Exercise materials —
//! What the parts of a definition have become.

ghost use Rattle.std.specs.List.{range_with_len};
ghost use Rattle.std.specs.Prelude.{◌≡◌, ◌+◌, ◌++◌, ◌∷◌, [], ◌<◌, false, length, get_or, IfOk, OnOk, List, Some};
ghost use Rattle.comp_model.specs.CoreModules.{CoreModule};
ghost use Rattle.comp_model.specs.Model.{core_value};
ghost use Rattle.comp_model.specs.Origins.{written};
ghost use Rattle.comp_scopes.specs.References.{references, references_leaf};
ghost use Rattle.comp_wire.specs.Origins.{origin_of};
ghost use Rattle.comp_expanded.specs.Expansion.{generated_names};
ghost use Rattle.comp_tree.specs.Model.{id_of, core_value_of, names_at};
ghost use Rattle.comp_tree.specs.Lists.{listed};
ghost use Rattle.comp_tree.specs.Marks.{places_of, inside_listed};
ghost use Rattle.comp_tree.specs.Entries.{entries_of};
ghost use Rattle.tree_expand.specs.Placed.{places_now};
ghost use Rattle.tree_expand.specs.Walked.{chosen, so_far};

use crate::known::Known;
use crate::places::Places;
use bumpalo::Bump;
use comp_model::Row;
use comp_tree::{CoreValue, Def, Leaf, Names, Node, no_exports, no_labels, place, place_all};
use comp_wire::Origin;
use std::alloc::{AllocError, Global};
use std::mem;
use type_keys::TypeKey;
use wast_parser::{Id, Index, Span};

/// What belongs to a definition, an inline node or a bundle itself, so far.
#[derive(Drop)]
pub(crate) struct Own<'t, 'a> {
    /// The definitions for its bundles.
    pub(crate) bundles: Vec<Def<'t, 'a>>,
    /// The numbers in the text of the references that are left in it.
    pub(crate) places: Places,
    /// Its key, if it is a type that may be shared; `None` too where no type is equal to it.
    pub(crate) key: Option<TypeKey<'a>>,
}

/// What stands for the parts of a definition so far.
#[derive(Drop)]
pub(crate) struct Parts<'t, 'a> {
    /// The definitions for inline nodes, each behind those inside it.
    pub(crate) inlined: Vec<Def<'t, 'a>>,
    /// What belongs to the definition, or to the node in it at which the walk is.
    pub(crate) own: Own<'t, 'a>,
    /// The number of the next reference.
    pub(crate) reference: u32,
    /// The types of the scope that were passed.
    pub(crate) known: Known<'a>,
}

/// What the definitions of a scope have become so far.
#[derive(Drop)]
pub(crate) struct Built<'t, 'a> {
    /// Each behind those for its parts.
    pub(crate) defs: Vec<Def<'t, 'a>>,
    /// The exports for their inline exports, which stand behind all of them.
    pub(crate) exports: Vec<Def<'t, 'a>>,
    /// The types of the scope that were passed.
    pub(crate) known: Known<'a>,
}

/// Begins a node of its own, with this key, and answers what belonged to the one around it.
pub(crate) fn enter<'t, 'a>(
    alloc: Global,
    own: &mut Own<'t, 'a>,
    key: Option<TypeKey<'a>>,
) -> Own<'t, 'a>
    ensures outer { result ≡ own.old }
    ensures bundles { own.new.bundles.items ≡ [] }
    ensures places { places_now own.new.places ≡ [] }
    ensures key { own.new.key ≡ key.entry }
{
    mem::replace(
        own,
        Own {
            bundles: Vec::new(alloc),
            places: Places::new(alloc),
            key,
        },
    )
}

/// Passes a reference, and answers its number. It is refused where the next one would have number 2^32.
pub(crate) fn pass_reference(reference: &mut u32) -> Result<u32, AllocError>
    ensures number { IfOk result (λ n. n ≡ reference.old) }
    ensures past { OnOk result (reference.new ≡ reference.old + 1) }
{
    let number = *reference;
    match number.checked_add(1) {
        Some(next) => {
            *reference = next;
            Ok(number)
        }
        None => Err(AllocError),
    }
}

/// Passes a reference.
pub(crate) fn pass(reference: &mut u32) -> Result<(), AllocError>
    ensures { OnOk result (reference.new ≡ reference.old + 1) }
{
    pass_reference(reference)?;
    Ok(())
}

/// Passes a reference that is left in the node at hand, and answers its number.
pub(crate) fn pass_place(
    alloc: Global,
    reference: &mut u32,
    places: &mut Places,
) -> Result<u32, AllocError>
    ensures number { IfOk result (λ n. n ≡ reference.old) }
    ensures past { OnOk result (reference.new ≡ reference.old + 1) }
    ensures placed { OnOk result (places_now places.new ≡ places_now places.old ++ range_with_len reference.old 1) }
{
    let number = pass_reference(reference)?;
    places.push(alloc, number, *reference)?;
    Ok(number)
}

/// Passes a reference that is left in the node at hand.
pub(crate) fn pass_left(
    alloc: Global,
    reference: &mut u32,
    places: &mut Places,
) -> Result<(), AllocError>
    ensures past { OnOk result (reference.new ≡ reference.old + 1) }
    ensures placed { OnOk result (places_now places.new ≡ places_now places.old ++ range_with_len reference.old 1) }
{
    pass_place(alloc, reference, places)?;
    Ok(())
}

/// Passes the reference in a core value type, if there is one.
pub(crate) fn pass_core_value<'t, 'a>(
    alloc: Global,
    value: CoreValue<'t, 'a>,
    reference: &mut u32,
    places: &mut Places,
) -> Result<(), AllocError>
    ensures past { OnOk result (reference.new ≡ reference.old + references_leaf (core_value (core_value_of value.entry))) }
    ensures placed { OnOk result (places_now places.new ≡ places_now places.old ++ range_with_len reference.old (references_leaf (core_value (core_value_of value.entry)))) }
{
    match value {
        CoreValue::RefConcrete(_, concrete) => match concrete.index {
            Index::Num(_, _) => pass_left(alloc, reference, places),
            Index::Id(_) => pass_left(alloc, reference, places),
        },
        CoreValue::I32 => Ok(()),
        CoreValue::I64 => Ok(()),
        CoreValue::F32 => Ok(()),
        CoreValue::F64 => Ok(()),
        CoreValue::V128 => Ok(()),
        CoreValue::RefFunc(_) => Ok(()),
        CoreValue::RefExtern(_) => Ok(()),
        CoreValue::Other => Ok(()),
    }
}

/// Puts a generated definition behind others, whose node stands there in the text, and answers its id, in the arena.
pub(crate) fn push_generated<'t, 'a>(
    bump: &'t Bump,
    list: &mut Vec<Def<'t, 'a>>,
    origin: Origin,
    id: Id<'a>,
    places: &'t [u32],
    node: Node<'t, 'a>,
) -> Result<&'t Id<'a>, AllocError>
    ensures id { IfOk result (λ r. id_of r.now ≡ id_of id.entry) }
    ensures pushed { (cores : List CoreModule) → IfOk result (λ r. entries_of cores list.new.items ≡ entries_of cores list.old.items ++ record { origin = origin_of origin; places = places_of places.now (references (listed cores node.entry.leaves.now)); held = inside_listed cores node.entry.leaves.now; names = generated_names (Some (id_of r.now)); head = node.entry.row; leaves = listed cores node.entry.leaves.now } ∷ []) }
{
    let ids = place_all(bump, &[Some(id)])?;
    let names = place(
        bump,
        Names {
            ids,
            labels: no_labels(),
            exports: no_exports(),
        },
    )?;
    list.push(Def {
        origin,
        places,
        span: Span::from_offset(0),
        names,
        node,
    })?;
    match &ids[0] {
        Some(id) => Ok(id),
        None => unreachable!(),
    }
}

/// Puts definitions behind others.
pub(crate) fn append<'t, 'a>(
    list: &mut Vec<Def<'t, 'a>>,
    more: &[Def<'t, 'a>],
) -> Result<(), AllocError>
    ensures { OnOk result (list.new.items ≡ list.old.items ++ more.now) }
{
    for def in more {
        list.push(*def)?;
    }
    Ok(())
}

/// Puts what a definition of the text has become behind others: those for its inline nodes, those for its bundles, itself with these names
/// and leaves.
pub(crate) fn push_written<'t, 'a>(
    list: &mut Vec<Def<'t, 'a>>,
    parts: &Parts<'t, 'a>,
    definition: u32,
    def: &Def<'t, 'a>,
    names: &'t Names<'t, 'a>,
    places: &'t [u32],
    leaves: &'t [Leaf<'t, 'a>],
) -> Result<(), AllocError>
    ensures { (cores : List CoreModule) → OnOk result (entries_of cores list.new.items ≡ entries_of cores list.old.items ++ (entries_of cores parts.now.inlined.items ++ (entries_of cores parts.now.own.bundles.items ++ record { origin = written definition; places = places_of places.now (references (listed cores leaves.now)); held = inside_listed cores leaves.now; names = names_at def.now.span.offset names.now; head = def.now.node.row; leaves = listed cores leaves.now } ∷ []))) }
{
    let row = def.node.row;
    let written = Def {
        origin: Origin::Written(definition),
        places,
        span: def.span,
        names,
        node: Node {
            row,
            span: def.node.span,
            leaves,
        },
    };
    append(list, &parts.inlined)?;
    append(list, &parts.own.bundles)?;
    list.push(written)?;
    Ok(())
}

/// All definitions of a scope, in the arena.
pub(crate) fn finish<'t, 'a>(
    bump: &'t Bump,
    built: Built<'t, 'a>,
) -> Result<&'t [Def<'t, 'a>], AllocError>
    ensures { IfOk result (λ r. r.now ≡ built.entry.defs.items ++ built.entry.exports.items) }
{
    let Built {
        mut defs,
        exports,
        ..
    } = built;
    append(&mut defs, &exports)?;
    place_all(bump, &defs)
}

/// Puts what item `i` of a list has become behind those before it, and answers whether any has changed: the new item if it has changed,
/// or else the old one. While none has changed, nothing is put down, and what stands for the items are those of the list.
pub(crate) fn push_walked<T: Copy>(
    walked: &mut Vec<T>,
    changed: bool,
    old: &[T],
    i: usize,
    now: bool,
    item: T,
) -> Result<bool, AllocError>
    requires index { i < length old.now }
    ensures { IfOk result (λ r. so_far r walked.new.items (i + 1) old.now ≡ so_far changed walked.old.items i old.now ++ chosen now item (get_or old.now i item) ∷ []) }
{
    if changed {
        walked.push(if now { item } else { old[i] })?;
        return Ok(true);
    }
    if !now {
        return Ok(false);
    }
    walked.clear();
    for x in &old[..i] {
        walked.push(*x)?;
    }
    walked.push(item)?;
    Ok(true)
}

/// What all items of a list have become, in the arena, and whether any has changed; the list itself if none has.
pub(crate) fn all_walked<'t, T: Copy>(
    bump: &'t Bump,
    changed: bool,
    walked: &[T],
    old: &'t [T],
) -> Result<(bool, &'t [T]), AllocError>
    ensures all { IfOk result (λ r. r.1.now ≡ so_far changed walked.now (length old.now) old.now) }
    ensures same { IfOk result (λ r. r.0 ≡ false → r.1.now ≡ old.now) }
{
    if changed {
        let placed = place_all(bump, walked)?;
        Ok((true, placed))
    } else {
        Ok((false, old))
    }
}
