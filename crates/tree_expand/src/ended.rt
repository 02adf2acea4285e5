//! What a definition of the text has become, behind the walk over its leaves.

ghost use Rattle.std.specs.Prelude.{◌≡◌, ℕ, ◌++◌, ◌∷◌, [], List, OnOk, None, option_map};
ghost use Rattle.comp_model.specs.CoreModules.{CoreModule};
ghost use Rattle.comp_model.specs.Model.{Leaves};
ghost use Rattle.comp_model.specs.Origins.{written};
ghost use Rattle.comp_scopes.specs.References.{references};
ghost use Rattle.comp_expanded.specs.Expansion.{first_id};
ghost use Rattle.comp_tree.specs.Entries.{entries_of};
ghost use Rattle.comp_tree.specs.Lists.{listed};
ghost use Rattle.comp_tree.specs.Marks.{places_of, inside_listed};
ghost use Rattle.comp_tree.specs.Model.{id_of, names_at};
ghost use Rattle.type_keys.specs.Keys.{LeavesPassed};
ghost use Rattle.tree_expand.specs.KeyParts.{begun_parts, leaves_parts, KeyShows};
ghost use Rattle.tree_expand.specs.Known.{Shows};
ghost use Rattle.tree_expand.specs.Numbering.{noted_written};
ghost use Rattle.tree_expand.specs.Passed.{Noted, types_in};
ghost use Rattle.tree_expand.specs.Standing.{ids_of};

use crate::key::is_shared;
use crate::known::{Known, push_part};
use crate::names::first_id_of;
use crate::parts::{Parts, push_written};
use bumpalo::Bump;
use comp_model::Row;
use comp_tree::{Def, Leaf, Names};
use std::alloc::AllocError;
use std::mem;
use type_keys::{KeyPart, TypeKey};
use wast_parser::Id;

/// Notes a written type, where types stand inline in its scope.
fn note_written<'a>(
    known: &mut Known<'a>,
    wanted: bool,
    row: Row,
    key: &mut Option<TypeKey<'a>>,
    id: Option<Id<'a>>,
) -> Result<(), AllocError>
    ensures { (xs : List Noted) (ls : Leaves) (k : ℕ) → Shows known.old xs → KeyShows key.old (begun_parts wanted row ++ leaves_parts (types_in xs) ls) → LeavesPassed (types_in xs) ls → OnOk result (Shows known.new (xs ++ noted_written wanted k row ls (option_map id_of id.entry))) }
{
    if !wanted {
        return Ok(());
    }
    if !is_shared(row) {
        return Ok(());
    }
    push_part(key, KeyPart::End)?;
    let taken = mem::replace(key, None);
    known.add(taken, id)
}

/// Puts what a definition has become behind those of its scope: those for its inline nodes, those for its bundles, itself with these names
/// and leaves. Where types stand inline in the scope, a type is noted, and its key is taken.
pub(crate) fn finish_def<'t, 'a>(
    bump: &'t Bump,
    list: &mut Vec<Def<'t, 'a>>,
    parts: &mut Parts<'t, 'a>,
    definition: u32,
    inlines: bool,
    def: &Def<'t, 'a>,
    names: &'t Names<'t, 'a>,
    leaves: &'t [Leaf<'t, 'a>],
) -> Result<(), AllocError>
    ensures list { (cores : List CoreModule) → OnOk result (entries_of cores list.new.items ≡ entries_of cores list.old.items ++ (entries_of cores parts.old.inlined.items ++ (entries_of cores parts.old.own.bundles.items ++ record { origin = written definition; places = places_of parts.old.own.places.list.items (references (listed cores leaves.now)); held = inside_listed cores leaves.now; names = names_at def.now.span.offset names.now; head = def.now.node.row; leaves = listed cores leaves.now } ∷ []))) }
    ensures known { (cores : List CoreModule) (xs : List Noted) → Shows parts.old.known xs → KeyShows parts.old.own.key (begun_parts inlines def.now.node.row ++ leaves_parts (types_in xs) (listed cores def.now.node.leaves.now)) → LeavesPassed (types_in xs) (listed cores def.now.node.leaves.now) → OnOk result (Shows parts.new.known (xs ++ noted_written inlines definition def.now.node.row (listed cores def.now.node.leaves.now) (first_id (ids_of names.now.ids.now) None))) }
{
    let places = parts.own.places.placed(bump)?;
    push_written(list, parts, definition, def, names, places, leaves)?;
    let id = first_id_of(names.ids);
    note_written(
        &mut parts.known,
        inlines,
        def.node.row,
        &mut parts.own.key,
        id,
    )
}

What needs to be done —
Find the word "stands" in the listing above. Copy each line where it appears.

Completed exercise —
/// What stands for the parts of a definition so far.
/// Puts a generated definition behind others, whose node stands there in the text, and answers its id, in the arena.
/// or else the old one. While none has changed, nothing is put down, and what stands for the items are those of the list.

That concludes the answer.